To do =
For the records below, print the lines from the line with "result ≡ record" through the line with "state before every record." exactly as written; include both end lines and exclude the rest.

Information =
==============================

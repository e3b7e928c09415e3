use nwq_value::Items;

/// What stands under a name.
#[derive(Drop)]
pub enum Node {
    /// A regular file: its mode and its bytes.
    File(u32, Items<u8>),
    /// A link, with its text.
    Link(Items<u8>),
    /// What is written into as it is, with what a read of it gives.
    Device(Items<u8>),
}
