//! Why a unit is refused at a token.

ghost use Rattle.std.specs.Prelude.{◌≡◌, ◌++◌, ◌≤◌, length, is_some, IfOk, OnOk};
ghost use Rattle.std.specs.List.{AllByRecursion};
ghost use Rattle.nwq_value.specs.Limits.{token_limit};
ghost use Rattle.nss_lexer.specs.Lexemes.{IsToken};
ghost use Rattle.nss_symbols.specs.Tokens.{symbols_of};
ghost use Rattle.nss_tree.specs.Reading.{plain_tree};
ghost use Rattle.nss_reasons.specs.Reasons.{reason_at};
ghost use Rattle.message_types.specs.Sentences.{or_nothing, said_there};
ghost use Rattle.message_types.specs.Told.{Answers, Told};

use crate::sentences::put_reason;
use nss_lexer::Token;
use nss_parser::{ParseFault, parse};
use nss_reasons::explain;
use nss_tree::Tree;
use nwq_value::{NoMemory, Table};
use std::alloc::Global;

/// Appends the sentence for the reason of the node with this token, if there is one.
fn put_at(
    alloc: Global,
    out: &mut Vec<u8>,
    table: &Table,
    tree: &Tree,
    token: u32,
    piece: &[u8],
) -> Result<bool, NoMemory>
    ensures told { IfOk result (λ told. told
        ≡ is_some (said_there piece.now (reason_at table.now (plain_tree tree.now) token))) }
    ensures appends { OnOk result (out.new.items ≡ out.old.items
        ++ or_nothing (said_there piece.now (reason_at table.now (plain_tree tree.now) token))) }
{
    match explain(alloc, table, tree, token)? {
        None => Ok(false),
        Some(reason) => put_reason(out, piece, reason),
    }
}

/// Appends why the tree of a unit is refused at the token of this text that begins at a place of
/// its file. Whether it is found.
fn put_of_tree(
    alloc: Global,
    out: &mut Vec<u8>,
    tokens: &[Token<'_>],
    tree: &Tree,
    place: u32,
    piece: &[u8],
    table: &Table,
) -> Result<bool, NoMemory>
    requires few { length tokens.now ≤ token_limit }
    ensures told { IfOk result
        (Told table.now (plain_tree tree.now) piece.now out.old.items out.new.items) }
{
    for (i, token) in tokens.iter().enumerate() {
        if token.start == place
            && token.text == piece
            && put_at(alloc, out, table, tree, i as u32, piece)?
        {
            return Ok(true);
        }
    }
    Ok(false)
}

/// Appends why the rules of types refuse a unit at the token of this text that begins at a place of
/// its file. Whether it is found.
pub fn put_why(
    alloc: Global,
    out: &mut Vec<u8>,
    tokens: &[Token<'_>],
    place: u32,
    piece: &[u8],
    table: &Table,
) -> Result<bool, NoMemory>
    requires few { length tokens.now ≤ token_limit }
    requires tokens { AllByRecursion IsToken tokens.now }
    ensures answers { IfOk result (Answers table.now (symbols_of tokens.now) piece.now
        out.old.items out.new.items) }
{
    match parse(alloc, tokens) {
        Err(ParseFault::NoMemory) => Err(NoMemory),
        Err(_) => Ok(false),
        Ok(tree) => {
            let told = put_of_tree(alloc, out, tokens, &tree, place, piece, table);
            drop(tree);
            told
        }
    }
}
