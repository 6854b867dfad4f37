// The state of the channel after a record, and what a record makes of its parts.
#![tactic(auto)]

pub mod tracks;

ghost use Rattle.std.specs.Prelude.{◌≡◌, ◌+◌, ◌<◌, ◌^◌, get_or, set};
ghost use Rattle.spec_rules.specs.Packets.{row_traits, col_traits, instant};
ghost use Rattle.spec_rules.specs.Neighbour.{context_of};
ghost use Rattle.spec_rules.specs.Channel.{never, idle, fresh, after_implied, after};
ghost use Rattle.chan_view.specs.Form.Beside.{low_of, high_of};
ghost use Rattle.chan_view.specs.Form.View.{seen_of};
ghost use Rattle.chan_step.specs.Form.Banks.{side_track, changed, closed_banks, row_banks, col_banks, retired_banks, banks_next};
ghost use Rattle.chan_step.specs.Form.Lasts.{lasts_by, lasts_next, implied_lasts, left_buffer, joined_buffer, col_buffer, buffer_next, retires_by};

use crate::tracks::{
    act_track, closed_track, read_track, refresh_track, retired_track, side_track,
};
use chan_view::banks::{slot_of, track_of, unused};
use chan_view::neighbours::{high_of, low_of};
use chan_view::views::{centre, held_of, implies, leaving, seen_of};
use chan_view::{Held, Seen};
use packet::{ColPacket, RowPacket};
use record::Record;
use settings::{PacketAt, Settings};
use spec_rules::{BankTrack, Buffer, Channel, LastInstants, Write};

// The track of a bank.
fn bank_at(banks: [BankTrack; 32], b: u32) -> BankTrack
    ensures { result ≡ get_or banks b idle }
{
    let i = slot_of(b);
    track_of(b, banks[i])
}

// The banks with one of them replaced, where there is such a bank.
fn put_bank(banks: [BankTrack; 32], b: u32, k: BankTrack) -> [BankTrack; 32]
    ensures { result ≡ set banks b k }
{
    if 32 <= b {
        return banks;
    }
    let mut next = banks;
    let i = slot_of(b);
    next[i] = k;
    next
}

// The banks once one beside a bank that a PRER or REFP names is closed.
fn side_banks(b: u32, at: PacketAt, banks: [BankTrack; 32]) -> [BankTrack; 32]
    ensures { result ≡ changed (side_track at) b banks }
{
    put_bank(banks, b, side_track(at, bank_at(banks, b)))
}

// The banks after a PRER or REFP to a bank, its own packet or implied.
fn closed_banks(s: Settings, b: u32, at: PacketAt, banks: [BankTrack; 32]) -> [BankTrack; 32]
    ensures { result ≡ closed_banks at b (low_of s b) (high_of s b) banks }
{
    let own = put_bank(banks, b, closed_track(at, bank_at(banks, b)));
    side_banks(high_of(s, b), at, side_banks(low_of(s, b), at, own))
}

fn row_banks(s: Settings, at: PacketAt, p: RowPacket, banks: [BankTrack; 32]) -> [BankTrack; 32]
    ensures { result ≡ row_banks s at p banks }
{
    match p {
        RowPacket::Act { bank, row } => put_bank(
            banks,
            bank,
            act_track(row, at, bank_at(banks, bank)),
        ),
        RowPacket::Prer { bank } => closed_banks(s, bank, at, banks),
        RowPacket::Refa { bank } => put_bank(banks, bank, refresh_track(at, bank_at(banks, bank))),
        RowPacket::Refp { bank } => closed_banks(s, bank, at, banks),
    }
}

fn col_banks(at: PacketAt, p: ColPacket, banks: [BankTrack; 32]) -> [BankTrack; 32]
    ensures { result ≡ col_banks at p banks }
{
    match p {
        ColPacket::Nocop { mask: _ } => banks,
        ColPacket::Wr {
            bank: _,
            column: _,
            mask: _,
            close: _,
        } => banks,
        ColPacket::Rd {
            bank,
            column: _,
            mask: _,
            close: _,
        } => put_bank(banks, bank, read_track(at, bank_at(banks, bank))),
    }
}

// The banks once a write to bank w is retired, if it is.
fn retired_banks(leaves: bool, w: u32, at: PacketAt, banks: [BankTrack; 32]) -> [BankTrack; 32]
    ensures { result ≡ retired_banks leaves w at banks }
{
    if leaves {
        return put_bank(banks, w, retired_track(at, bank_at(banks, w)));
    }
    banks
}

// The last instants after a ROW packet, a PRER or REFP among them.
fn row_lasts(at: PacketAt, p: RowPacket, l: LastInstants) -> LastInstants
    ensures { result ≡ lasts_by at (row_traits p) l }
{
    let next = LastInstants {
        packet: at,
        row: at,
        ..l
    };
    match p {
        RowPacket::Act { bank: _, row: _ } => next,
        RowPacket::Prer { bank: _ } => LastInstants { pre: at, ..next },
        RowPacket::Refa { bank: _ } => next,
        RowPacket::Refp { bank: _ } => LastInstants { pre: at, ..next },
    }
}

// The last instants after a COL packet, an RD among them.
fn col_lasts(at: PacketAt, p: ColPacket, l: LastInstants) -> LastInstants
    ensures { result ≡ lasts_by at (col_traits p) l }
{
    let next = LastInstants {
        packet: at,
        col: at,
        ..l
    };
    match p {
        ColPacket::Nocop { mask: _ } => next,
        ColPacket::Wr {
            bank: _,
            column: _,
            mask: _,
            close: _,
        } => next,
        ColPacket::Rd {
            bank: _,
            column: _,
            mask: _,
            close: _,
        } => LastInstants { rd: at, ..next },
    }
}

// The last instants after a record, but for the PRER that it implies.
pub fn lasts_after(r: Record, l: LastInstants) -> LastInstants
    ensures { result ≡ lasts_next r l }
{
    match r {
        Record::RowAt(t, p) => row_lasts(t, p, l),
        Record::ColAt(t, p) => col_lasts(t, p, l),
        Record::DataOf(_, _) => l,
    }
}

// The last instants after an implied PRER, which is no packet.
pub fn implied_lasts(at: PacketAt, l: LastInstants) -> LastInstants
    ensures { result ≡ implied_lasts at l }
{
    LastInstants {
        pre: at,
        implied: at,
        ..l
    }
}

// The same write, field by field: a copy of the whole takes the bytes between its fields along.
fn same_write(w: Write) -> Write
    ensures { result ≡ w }
{
    let at = w.at;
    Write {
        bank: w.bank,
        column: w.column,
        at: at,
        close: w.close,
    }
}

// The write buffer once the older write has left, if it does: the newer one becomes the older.
fn left(leaves: bool, b: Buffer) -> Buffer
    ensures { result ≡ left_buffer leaves b }
{
    if leaves {
        match b {
            Buffer::Empty => Buffer::Empty,
            Buffer::One(_) => Buffer::Empty,
            Buffer::Two(_, y) => Buffer::One(same_write(y)),
        }
    } else {
        b
    }
}

// A write behind the older one. Where two wait, rule 12 has no WR that retires none.
fn joined(b: Buffer, w: Write) -> Buffer
    ensures { result ≡ joined_buffer b w }
{
    match b {
        Buffer::Empty => Buffer::One(w),
        Buffer::One(x) => Buffer::Two(same_write(x), w),
        Buffer::Two(x, _) => Buffer::Two(x, w),
    }
}

fn col_buffer(at: PacketAt, p: ColPacket, leaves: bool, b: Buffer) -> Buffer
    ensures { result ≡ col_buffer at p leaves b }
{
    match p {
        ColPacket::Nocop { mask: _ } => left(leaves, b),
        ColPacket::Wr {
            bank,
            column,
            mask: _,
            close,
        } => joined(
            left(leaves, b),
            Write {
                bank,
                column,
                at,
                close,
            },
        ),
        ColPacket::Rd {
            bank: _,
            column: _,
            mask: _,
            close: _,
        } => left(leaves, b),
    }
}

// The write buffer after a record that retires the older write or does not.
pub fn buffer_after(r: Record, leaves: bool, b: Buffer) -> Buffer
    ensures { result ≡ buffer_next r leaves b }
{
    match r {
        Record::RowAt(_, _) => b,
        Record::ColAt(t, p) => col_buffer(t, p, leaves, b),
        Record::DataOf(_, _) => b,
    }
}

// Whether a record retires the older write.
pub fn retires(s: Settings, h: Held, r: Record) -> bool
    ensures { result ≡ retires_by s h (seen_of r) }
{
    let seen = seen_of(r);
    match seen {
        Seen::Packet(v) => leaving(s, h, v),
        Seen::Data(_) => false,
    }
}

// All banks after a packet, once the write that it retires has left.
fn banks_after(s: Settings, r: Record, banks: [BankTrack; 32]) -> [BankTrack; 32]
    ensures { result ≡ banks_next s r banks }
{
    match r {
        Record::RowAt(t, p) => row_banks(s, t, p, banks),
        Record::ColAt(t, p) => col_banks(t, p, banks),
        Record::DataOf(_, _) => banks,
    }
}

// The instant of the PRER that a packet implies.
pub fn implied_at(s: Settings, at: PacketAt) -> PacketAt
    requires { at.0 + s.offp < 2 ^ 32 }
    ensures { result.0 ≡ at.0 + s.offp }
{
    PacketAt(at.0 + s.offp)
}

// The state after an implied PRER to a bank.
fn after_implied(s: Settings, at: PacketAt, b: u32, ch: Channel) -> Channel
    ensures { result ≡ after_implied (context_of s) at.0 (Some b) ch }
{
    let banks = ch.banks;
    let lasts = ch.lasts;
    Channel {
        banks: closed_banks(s, b, at, banks),
        lasts: implied_lasts(at, lasts),
        ..ch
    }
}

// The state after a record. The PRER that a retire implies comes last too: a packet that retires is no RD and changes no bank itself.
pub fn after(s: Settings, ch: Channel, r: Record) -> Channel
    requires { instant r + s.offp < 2 ^ 32 }
    ensures { result ≡ after (context_of s) ch r }
{
    let Seen::Packet(v) = seen_of(r) else {
        return Channel { due: false, ..ch };
    };
    let buffer = ch.buffer;
    let banks = ch.banks;
    let lasts = ch.lasts;
    let h = held_of(buffer, ch.due);
    let leaves = leaving(s, h, v);
    let next = Channel {
        banks: banks_after(s, r, retired_banks(leaves, h.bank, v.at, banks)),
        lasts: lasts_after(r, lasts),
        buffer: buffer_after(r, leaves, buffer),
        due: v.writes,
    };
    if implies(s, h, v) {
        return after_implied(s, implied_at(s, v.at), centre(s, h, v), next);
    }
    next
}

// The last instants before every record.
pub fn no_lasts() -> LastInstants
    ensures { result ≡ record { packet = never; row = never; col = never; pre = never; rd = never; implied = never } }
{
    let never = PacketAt(0);
    LastInstants {
        packet: never,
        row: never,
        col: never,
        pre: never,
        rd: never,
        implied: never,
    }
}

// The state before every record.
pub fn fresh() -> Channel
    ensures { result ≡ fresh }
{
    let banks = [unused(); 32];
    Channel {
        banks: banks,
        lasts: no_lasts(),
        buffer: Buffer::Empty,
        due: false,
    }
}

==============================

Response =
    ensures { result ≡ record { packet = never; row = never; col = never; pre = never; rd = never; implied = never } }
{
    let never = PacketAt(0);
    LastInstants {
        packet: never,
        row: never,
        col: never,
        pre: never,
        rd: never,
        implied: never,
    }
}

// The state before every record.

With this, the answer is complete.